Which lines in the records below include the word "enumerate"? Report each of them in full.

⟨

use conflict_matrix::{Link, LinkFault};
use samples::links::{are_linkable, conflicts_of, link, linked};
use samples::{CHAIN, CROSSROADS};
use std::test::Fail;

/// Pairs count by their lower groups, then by their higher ones: six of group 0, five of group 1, and
/// that of 2 and 5.
#[test]
fn pairs_of_a_crossroads(rt: HostRuntime) -> Result<(), Fail> {
    let conflicts = conflicts_of(rt.alloc(), CROSSROADS)?;
    assert!(rt; conflicts.groups() == 8 && conflicts.pair_count() == 15);
    assert_eq!(rt; conflicts.pair(11), (2, 5));
    for (i, j, number, intergreen) in [
        (6, 1, Some(10), Some(8)),
        (1, 6, Some(10), Some(5)),
        (0, 1, None, None),
    ] {
        assert_eq!(rt; conflicts.pair_number(i, j), number, "{i} and {j}");
        assert_eq!(rt; conflicts.intergreen(i, j), intergreen, "{i} and {j}");
    }
    Ok(())
}

/// The links, and their first fault.
type Case<'a> = (&'a [Link], Option<LinkFault>);

/// The first link to itself is told before any second link of a pair, in either sense.
#[test]
fn links_of_a_chain(rt: HostRuntime) -> Result<(), Fail> {
    let conflicts = conflicts_of(rt.alloc(), CHAIN)?;
    let forth = link(0, 2, 10);
    let cases: [Case; 5] = [
        (&[forth, link(1, 0, 0)], None),
        (
            &[link(0, 1, 299), link(2, 2, 0)],
            Some(LinkFault::SelfLink(1)),
        ),
        (&[forth, link(0, 2, 11)], Some(LinkFault::Twice(1))),
        (
            &[forth, link(1, 2, 3), link(2, 0, 10)],
            Some(LinkFault::Twice(2)),
        ),
        (
            &[forth, link(2, 0, 10), link(1, 1, 1)],
            Some(LinkFault::SelfLink(2)),
        ),
    ];
    for (k, (links, fault)) in cases.iter().enumerate() {
        assert!(rt; are_linkable(conflicts.groups(), links));
        assert_eq!(rt; conflicts.link(links).err(), *fault, "case {k}");
    }
    let both = [forth, link(1, 0, 0)];
    let linked = linked(rt.alloc(), CHAIN, &both)?;
    assert_eq!(rt; linked.links(), both.as_slice());
    Ok(())
}
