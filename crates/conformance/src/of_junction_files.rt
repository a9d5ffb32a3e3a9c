mod documents;
mod faults;
mod hostile;
mod links;
mod maxima;
mod printing;
mod values;

use junction_files::{JunctionFault, fault_line, read};
use samples::texts::changed;
use std::alloc::Global;
use std::process::Abort;
use std::test::Fail;

/// Changes of a text, each of the first place of an old one to a new one, and the answer without the
/// words `bad junction`.
type Row<'a> = (&'a [(&'a str, &'a str)], &'a str);

/// What the bytes are read as: the line of the first fault, or `a junction`.
fn answer(alloc: Global, bytes: &[u8]) -> Result<String, Fail> {
    let line = match read(alloc, bytes) {
        Ok(_) => b"a junction\n".to_vec(alloc)?,
        Err(JunctionFault::Refused(kind, place)) => fault_line(alloc, kind, place)?,
        Err(JunctionFault::Memory) => Err("no memory")?,
    };
    Ok(String::from_utf8(line)?)
}

/// Reads the base with the changes of each row, made one after another.
fn check(rt: &impl Abort, alloc: Global, base: &str, rows: &[Row]) -> Result<(), Fail> {
    for (changes, want) in rows {
        let mut text = base.to_string(alloc)?;
        for (old, new) in *changes {
            text = changed(alloc, text.as_str(), old, new)?;
        }
        let line = answer(alloc, text.as_bytes())?;
        let fault = line.as_str().trim_start_matches("bad junction ");
        assert_eq!(rt; fault.trim_end(), *want, "{changes:?}");
    }
    Ok(())
}
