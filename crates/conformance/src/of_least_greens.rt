ghost use Rattle.std.specs.Prelude.{◌≡◌, ◌<◌};
ghost use Rattle.sig_base.specs.Times.{IsCycle};
ghost use Rattle.plan_model.specs.Fits.{group_count};
ghost use Rattle.least_greens.specs.NeedOf.{need_of};
ghost use Rattle.least_greens.specs.NeedClosure.{IsQuestion, Answers};

use junction_files::read;
use junction_model::Junction;
use least_greens::{NeedClosure, NeedRule, need, needs};
use plan_model::ALL_LANES;
use samples::pair::{BUSY, FIRST_LANE, NO_LANES, QUIET, SATURATED, SECOND_LANE, pair};
use samples::questions::is_cycle;
use sig_base::{LaneSet, Ratio, Target};
use std::alloc::Global;
use std::cell::Cell;
use std::process::Abort;
use std::test::Fail;

/// 600 and 300 vehicles per hour arrive.
fn uneven(alloc: Global) -> Result<Junction, Fail> {
    let text = pair(alloc, (60, 60), BUSY, QUIET, (5, 5))?;
    Ok(read(alloc, text.as_bytes())?)
}

fn ratio(rt: &impl Abort, num: u64, den: u64) -> Ratio {
    Ratio::new(num, den).expect(rt, "a ratio")
}

/// The lanes, the target, the cycle, and the needs of the two groups.
type Case = (LaneSet, Target, u32, [u32; 2]);

fn check(rt: &impl Abort, junction: &Junction, cases: &[Case]) {
    for (k, (lanes, target, cycle, want)) in cases.iter().enumerate() {
        assert!(rt; is_cycle(*cycle) && junction.groups().len() == 2);
        let mut all = [0; 16];
        all[..2].copy_from_slice(want);
        assert_eq!(rt; needs(junction, *lanes, *target, *cycle), all, "case {k}");
        let second = need(junction, *lanes, *target, *cycle, 1);
        assert_eq!(rt; second, all[1], "case {k}");
    }
}

/// A green g serves 27 g / 600 times the first group's arrivals, and twice as many times the second
/// one's. A ratio of 20 asks for 444.4 seconds, of which 300 are the most, and for 222.2.
#[test]
fn needs_of_two_groups(rt: HostRuntime) -> Result<(), Fail> {
    let (beat, reach) = (ratio(&rt, 297, 200), ratio(&rt, 20, 1));
    check(
        &rt,
        &uneven(rt.alloc())?,
        &[
            (ALL_LANES, Target::Beat(beat), 60, [34, 17]),
            (ALL_LANES, Target::Reach(beat), 60, [33, 17]),
            (FIRST_LANE, Target::Beat(beat), 60, [34, 7]),
            (SECOND_LANE, Target::Beat(beat), 60, [7, 17]),
            (NO_LANES, Target::Beat(beat), 60, [7, 7]),
            (ALL_LANES, Target::Reach(reach), 60, [301, 223]),
        ],
    );
    Ok(())
}

/// The same groups with maxima of 33 seconds: the first group's need is its maximum, or one second past
/// it and so none.
#[test]
fn needs_at_a_maximum(rt: HostRuntime) -> Result<(), Fail> {
    let alloc = rt.alloc();
    let text = pair(alloc, (60, 60), BUSY, QUIET, (5, 5))?;
    let text = text.as_str().replace(alloc, "version = 1", "version = 2")?;
    let text = text
        .as_str()
        .replace(alloc, "end_gain = 0", "end_gain = 0\nmax_green = 33")?;
    let beat = ratio(&rt, 297, 200);
    check(
        &rt,
        &read(alloc, text.as_bytes())?,
        &[
            (ALL_LANES, Target::Reach(beat), 60, [33, 17]),
            (ALL_LANES, Target::Beat(beat), 60, [301, 17]),
            (SECOND_LANE, Target::Beat(beat), 60, [7, 17]),
        ],
    );
    Ok(())
}

/// Four tenths of the cycle, and the next whole second.
#[test]
fn needs_rise_with_the_cycle(rt: HostRuntime) -> Result<(), Fail> {
    let alloc = rt.alloc();
    let text = pair(alloc, (20, 22), SATURATED, SATURATED, (2, 2))?;
    let full = Target::Reach(ratio(&rt, 1, 1));
    check(
        &rt,
        &read(alloc, text.as_bytes())?,
        &[
            (ALL_LANES, full, 20, [8, 8]),
            (ALL_LANES, full, 21, [9, 9]),
            (ALL_LANES, full, 22, [9, 9]),
        ],
    );
    Ok(())
}

fn asked<F: Fn(Target, u32, usize) -> u32 + NeedClosure + Drop>(
    junction: &Junction,
    lanes: LaneSet,
    closure: F,
    target: Target,
    cycle: u32,
    group: usize,
) -> u32
    requires answers { Answers F.accepts F.gives junction.now lanes closure }
    requires cycle { IsCycle cycle }
    requires group { group < group_count junction.now }
    ensures { result ≡ need_of junction.now lanes target cycle group }
{
    NeedRule::new(junction, lanes, closure).ask(target, cycle, group)
}

/// A rule asks its closure.
#[test]
fn a_rule_that_counts(rt: HostRuntime) -> Result<(), Fail> {
    let junction = uneven(rt.alloc())?;
    assert!(rt; junction.groups().len() == 2);
    let calls = Cell::new(0u32);
    let found = asked(
        &junction,
        FIRST_LANE,
        |target: Target, cycle: u32, group: usize| -> u32
            requires { IsQuestion junction target cycle group }
            ensures { result ≡ need_of junction FIRST_LANE target cycle group }
        {
            calls.set(calls.get().saturating_add(1));
            need(&junction, FIRST_LANE, target, cycle, group)
        },
        Target::Beat(ratio(&rt, 297, 200)),
        60,
        1,
    );
    assert_eq!(rt; found, 7);
    assert!(rt; calls.get() > 0);
    Ok(())
}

⟩

#### Response area
    for (k, (links, fault)) in cases.iter().enumerate() {
    for (k, (lanes, target, cycle, want)) in cases.iter().enumerate() {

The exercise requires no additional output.